Diagnostic prénatal : polémique à l’Assemblée nationale

Publié le : 9 février 2011

Le commencement du débat parlementaire sur le projet de loi de bioéthique le 8 février 2011 a été marqué par l’évocation des propos de deux députés concernant le dépistage prénatal. Les paroles de l’un d’entre eux, Olivier Dussopt, ont été repris dans une publicité dénonçant l’eugénisme exercé envers les personnes trisomiques 21 (Cf. Synthèses de presse du 08/01/11 et du 28/01/11).

Le 25 janvier 2011, ce député socialiste de l’Ardèche avait en effet déclaré dans l’hémicycle : "quand j’entends que "malheureusement" 96 % des grossesses pour lesquelles la trisomie 21 est repérée se terminent par une interruption de grossesse, la vraie question que je me pose c’est pourquoi il en reste 4 %" (Cf. Synthèse de presse du 31/01/11). Il s’opposait au vote d’un amendement, proposé par le député UMP Xavier Breton, visant à améliorer l’information délivrée aux femmes enceintes en matière de dépistage et de trisomie 21, afin de favoriser une véritable liberté de choix.

Reprises dans une publicité publiée dans Le Figaro et dans Les Echos le 8 février 2011 alertant contre l’eugénisme à l’encontre des personnes trisomiques, ces paroles ont fait polémique à l’Assemblée. Prenant la défense de son collègue, le député PS Jean-Louis Touraine a renchéri : "C’est une diffamation et une bêtise grossière. Dans la pratique, on ne fait pas de diagnostic de la trisomie 21, qui entraine des risques pour la grossesse, si l’on veut garder un enfant trisomique".

Après ces deux interventions, le député Hervé Mariton a à son tour réagi :"On a vu lors de l’intervention de notre collègue Dussopt, lors de l’intervention encore aujourd’hui d’un de nos collègues, que l’approche de certains est une approche qui va très vite et quasiment automatiquement du diagnostic à l’avortement."

Les paroles d’Olivier Dussopt ont provoqué une vive émotion chez les parents d’enfants atteints de trisomie 21 et les associations qui les accompagnent.

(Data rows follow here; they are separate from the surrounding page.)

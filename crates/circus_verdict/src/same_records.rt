// Which records are the same, and what nodes give.
use crate::same::Same;
use circus_collate::{Entry, Since, View};
use circus_header::Reply;
use circus_node::{Difference, Give};
use circus_record::{AskRecord, MemberRecord, RunRecord};
use circus_transfer::Joiner;

impl Same for Give {
    fn is_same(&self, other: &Self) -> bool {
        self.to == other.to && self.bytes.is_same(&other.bytes)
    }
}

impl Same for Reply {
    fn is_same(&self, other: &Self) -> bool {
        self.clock.is_same(&other.clock) && self.outcome.is_same(&other.outcome)
    }
}

impl Same for Difference {
    fn is_same(&self, other: &Self) -> bool {
        self.run == other.run
            && self.ask == other.ask
            && self.first == other.first
            && self.first_reply.is_same(&other.first_reply)
            && self.second == other.second
            && self.second_reply.is_same(&other.second_reply)
    }
}

impl Same for Joiner {
    fn is_same(&self, other: &Self) -> bool {
        self == other
    }
}

impl Same for AskRecord {
    fn is_same(&self, other: &Self) -> bool {
        self.callee == other.callee
            && self.index == other.index
            && self.procedure == other.procedure
            && self.arguments.is_same(&other.arguments)
            && self.state.is_same(&other.state)
            && self.reply.is_same(&other.reply)
            && self.after.is_same(&other.after)
            && self.asked == other.asked
            && self.answered.is_same(&other.answered)
    }
}

impl Same for RunRecord {
    fn is_same(&self, other: &Self) -> bool {
        self.path.is_same(&other.path)
            && self.root == other.root
            && self.procedure == other.procedure
            && self.arguments.is_same(&other.arguments)
            && self.entry.is_same(&other.entry)
            && self.asks.is_same(&other.asks)
            && self.outcome.is_same(&other.outcome)
            && self.state.is_same(&other.state)
            && self.end.is_same(&other.end)
            && self.started == other.started
            && self.ended.is_same(&other.ended)
    }
}

impl Same for MemberRecord {
    fn is_same(&self, other: &Self) -> bool {
        self.phase.is_same(&other.phase)
            && self.from == other.from
            && self.active_at == other.active_at
            && self.count == other.count
            && self.runs.is_same(&other.runs)
            && self.state.is_same(&other.state)
    }
}

impl Same for Since {
    fn is_same(&self, other: &Self) -> bool {
        self == other
    }
}

impl Same for Entry {
    fn is_same(&self, other: &Self) -> bool {
        self == other
    }
}

impl Same for View {
    fn is_same(&self, other: &Self) -> bool {
        self.troupe == other.troupe
            && self.incarnation == other.incarnation
            && self.entries.is_same(&other.entries)
    }
}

L’Hebdo de l’Ardèche s’en ai fait l’écho, rapportant les réactions indignés de certains députés comme Philippe Meunier. Olivier Dussopt a reconnu avoir tenu des propos maladroits : "je me suis exprimé à propos du dépistage des maladies génétiques sur l’embryon. Emporté par ce débat, j’ai prononcé une phrase malheureuse et mal comprise. Elle a blessé des parents d’enfants en situation de handicap. J’en suis désolé". Il dit s’être interrogé, à titre personnel, sur les motivations de parents faisant le choix de ne pas avorter un enfant handicapé. "Jamais je ne jugerai des parents qui font le choix de poursuivre la grossesse […] mais je comprends aussi ceux qui ont recours à l’IVG dans ce cas" a-t-il affirmé dans un communiqué.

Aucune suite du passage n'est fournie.